──────── EXTRACTED RECORDS

// Transcripts of edits and drops, with each reason to refuse one, written by hand: lines behind `> `, each with its reply below.

/// All of them.
pub(super) fn edits() -> [&'static [u8]; 6] {
    [THEORIES, CONSTANTS, RULES, ITEMS, CIRCLES, DEFINITIONS]
}

/// Theories and their parents.
const THEORIES: &[u8] = b"\
> theory a
ok
> theory a
refused taken a
> theory base
refused builtin base
> theory b
ok
> theory c
ok
> parent nope a
refused unknown nope
> parent a b
ok
> parent a b
refused taken b
> parent base b
refused builtin base
> parent a later.d
ok
> parent b c
ok
> parent c a
refused circle a
> parent c later.d
ok
> parent c c
refused circle c
> unparent nope b
refused unknown nope
> unparent a c
refused unknown c
> unparent base a
refused unknown a
> parent base a
refused builtin base
> const c x -> e
ok
> axiom a ax : x
ok
> status ax
ax axiom established
> unparent b c
ok
> unparent b c
refused unknown c
> status ax
ax axiom ill-formed
> parent b c
ok
> status ax
ax axiom established
> parent c d
ok
> theory d
ok
> parent d e
ok
> parent d b
refused circle b
> parent e d
refused unknown e
> theory e
ok
> parent e a
refused circle a
> drop unit nope
refused unknown nope
> drop unit base
refused builtin base
> drop unit c
refused not-empty c
> drop unit a
refused not-empty a
> drop unit b
ok
> drop unit b
refused unknown b
> status ax
ax axiom ill-formed
> parent c a
ok
> theory b
ok
> parent b c
refused circle a
> drop rule ax
ok
> drop unit a
ok
> parent b c
ok
";

/// Constants and their definitions.
const CONSTANTS: &[u8] = b"\
> theory a
ok
> const nope true -> e
refused unknown nope
> const a true -> e
refused builtin true
> const base x -> e
refused builtin base
> const base true -> e
refused builtin base
> const a x -> e
ok
> const a x(e) -> t
refused taken x
> const base x -> e
refused taken x
> alter const nope -> e
refused unknown nope
> alter const true(e) -> e
refused builtin true
> axiom a f : x(true)
ok
> status f
f axiom ill-formed
> alter const x(e) -> e
ok
> status f
f axiom established
> define nope = true
refused unknown nope
> define nope(v, v) = v
refused unknown nope
> define true(v, v) = v
refused taken v
> define true = false
refused builtin true
> define x(v, w, v) = v
refused taken v
> define x(v) = v
ok
> define x(v) = not v
ok
> undefine nope
refused unknown nope
> undefine true
refused builtin true
> const a y(e) -> e
ok
> const a z(e) -> e
ok
> undefine y
refused unknown y
> define y(v) = x(v)
ok
> define x(v) = v and z(v)
ok
> define z(v) = y(v)
refused circle x
> define z(v) = z(v)
refused circle z
> undefine z
refused unknown z
> define z(x) = x
ok
> define z(v) = later(v)
ok
> const a later(e) -> e
ok
> define later(v) = y(v)
refused circle later
> define later(v) = v
ok
> drop const nope
refused unknown nope
> drop const true
refused builtin true
> drop const z
refused not-empty z
> undefine z
ok
> drop const z
ok
> drop const z
refused unknown z
> const a z(e) -> e
ok
> define z(v) = y(v)
refused circle x
> alter const x -> t
ok
> define x = z(true)
ok
> drop unit a
refused not-empty a
";

/// Axioms and rules.
const RULES: &[u8] = b"\
> theory a
ok
> theory b
ok
> const b p -> e
ok
> axiom nope r : p
refused unknown nope
> axiom base r : p
refused builtin base
> axiom b r : p
ok
> axiom base r : p
refused taken r
> rule nope r : p
refused unknown nope
> rule a r : p
refused taken r
> rule a s : {x:p, x:p | |- p} |- p
refused taken x
> rule base s : {x:p, y:p, y:p, x:p | |- p} |- p
refused taken y
> rule base s : p
refused builtin base
> rule a s : p
ok
> alter rule nope : p
refused unknown nope
> alter rule nope : {x:p, x:p | |- p} |- p
refused unknown nope
> alter rule s : {x:p, x:p | |- p} |- p
refused taken x
> show rule s
rule a s ill-formed : p
end
> alter rule s : true
ok
> show rule s
rule a s unproved : true
end
> alter rule r : not p
ok
> show rule r
axiom b r established : not p
end
> drop rule nope
refused unknown nope
> proof s m
ok
> drop unit a
refused not-empty a
> drop rule s
ok
> drop rule s
refused unknown s
> drop unit a
ok
> proof s m
refused taken m
> theory a
ok
> rule a s : true
ok
> status s
s rule incomplete
> drop proof s m
ok
> status s
s rule unproved
> drop proof s m
refused unknown m
> drop proof nope n
refused unknown n
";

/// Items of a proof.
const ITEMS: &[u8] = b"\
> theory a
ok
> const a p -> e
ok
> axiom a hold : p
ok
> rule a r : p
ok
> line r m l in root : p
refused unknown m
> box r m b in root : |
refused unknown m
> alter line r m l : p
refused unknown m
> alter box r m l : |
refused unknown m
> move r m l to root
refused unknown m
> cite r m l : rule hold
refused unknown m
> unjustify r m l
refused unknown m
> drop item r m l
refused unknown m
> proof r m
ok
> proof r m
refused taken m
> line r m l in nope : p
refused unknown nope
> line r m l in root before nope : p
refused unknown nope
> line r m l in nope before none : p
refused unknown nope
> line r m root in nope : p
refused unknown nope
> line r m root in root : p
refused taken root
> line r m l in root : p
ok
> line r m l in root : p
refused taken l
> line r m k in root before l : not p
ok
> box r m l in root : x:p, x:p |
refused taken l
> box r m b in root before k : x:p, y:p, x:p |
refused taken x
> box r m b in root before k : x:p | x
ok
> line r m in_b in b : x
ok
> line r m k2 in b before k : p
refused unknown k
> box r m c in b before in_b : |
ok
> line r m in_c in c : p
ok
> line r m deep in l : p
refused unknown l
> alter line r m nope : p
refused unknown nope
> alter line r m b : p
refused unknown b
> alter line r m k : p and p
ok
> alter box r m l : |
refused unknown l
> alter box r m nope : x:p, x:p |
refused unknown nope
> alter box r m b : x:p, x:p |
refused taken x
> alter box r m b : | p
ok
> cite r m nope : rule hold
refused unknown nope
> cite r m b : rule hold
refused unknown b
> cite r m l : rule hold with ?m := p; ?m := p
refused taken ?m
> cite r m l : rule hold with ?m[x, y, x] := p
refused taken x
> cite r m l : rule hold with ?m[x, x] := p; ?n := p; ?m := p
refused taken ?m
> cite r m l : rule hold
ok
> unjustify r m nope
refused unknown nope
> unjustify r m b
refused unknown b
> unjustify r m k
refused unknown k
> unjustify r m l
ok
> unjustify r m l
refused unknown l
> cite r m l : rule hold
ok
> show proof r m
proof r m fault in_c no-justification
box b : | p
  box c : |
    in_c : p by nothing
  in_b : x by nothing
k : p and p by nothing
l : p by rule hold
end
> move r m nope to root
refused unknown nope
> move r m b to c
refused unknown c
> move r m b to b
refused unknown b
> move r m c to root before c
refused unknown c
> move r m c to nope
refused unknown nope
> move r m c to root before in_b
refused unknown in_b
> move r m c to root before l
ok
> move r m k to c before in_c
ok
> show proof r m
proof r m fault in_b no-justification
box b : | p
  in_b : x by nothing
box c : |
  k : p and p by nothing
  in_c : p by nothing
l : p by rule hold
end
> drop item r m nope
refused unknown nope
> drop item r m c
ok
> line r m k in root before l : p
ok
> drop item r m b
ok
> drop item r m k
ok
> show proof r m
proof r m checks
l : p by rule hold
end
> status r
r rule established
";

/// Circles of citations.
const CIRCLES: &[u8] = b"\
> theory a
ok
> const a p -> e
ok
> axiom a hold : p
ok
> rule a r : p
ok
> rule a s : p
ok
> proof r m
ok
> line r m l in root : p
ok
> cite r m l : rule r
refused circle r
> cite r m l : rule s
ok
> proof s m
ok
> line s m l in root : p
ok
> cite s m l : rule hold
ok
> status r
r rule established
> proof s n
ok
> line s n l in root : p
ok
> cite s n l : rule later
ok
> proof later m
ok
> line later m l in root : p
ok
> cite later m l : rule r
refused circle later
> cite later m l : rule nope with ?m := p; ?m := p
refused taken ?m
> drop rule s
ok
> cite later m l : rule r
refused circle later
> status r
r rule incomplete
> drop proof s n
ok
> cite later m l : rule r
ok
> cite s m l : rule later
refused circle later
> rule a s : p
ok
> status r
r rule established
> alter rule s : not p
ok
> status r
r rule incomplete
> status s
s rule incomplete
> drop item r m l
ok
> cite s m l : rule later
ok
> line r m l in root : p
ok
> cite r m l : rule s
refused circle later
";

/// Lines that hold by a definition, which is unfolded as it stands.
const DEFINITIONS: &[u8] = b"\
> theory low
ok
> theory mid
ok
> theory top
ok
> parent mid low
ok
> parent top mid
ok
> const low p -> e
ok
> const low twice(e) -> e
ok
> define twice(x) = x and x
ok
> rule top r : twice(p) |- p and p
ok
> proof r m
ok
> line r m l in root : p and p
ok
> cite r m l : def twice on #1
ok
> status r
r rule established
> define twice(x) = x or x
ok
> show rule r
rule top r incomplete : twice(p) |- p and p
proof m fault l conclusion-differs
end
> define twice(x) = x and q
ok
> show rule r
rule top r incomplete : twice(p) |- p and p
proof m fault l ill-formed-definition
end
> undefine twice
ok
> show rule r
rule top r incomplete : twice(p) |- p and p
proof m fault l absent
end
> define twice(x) = x and x
ok
> status r
r rule established
> unparent mid low
ok
> status r
r rule ill-formed
> parent mid low
ok
> alter const twice -> e
ok
> status r
r rule ill-formed
> alter const twice(e) -> e
ok
> status r
r rule established
";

────────────────

Scan the records for lines that hold "unproved", and reproduce each one you find.

rule a s unproved : true
s rule unproved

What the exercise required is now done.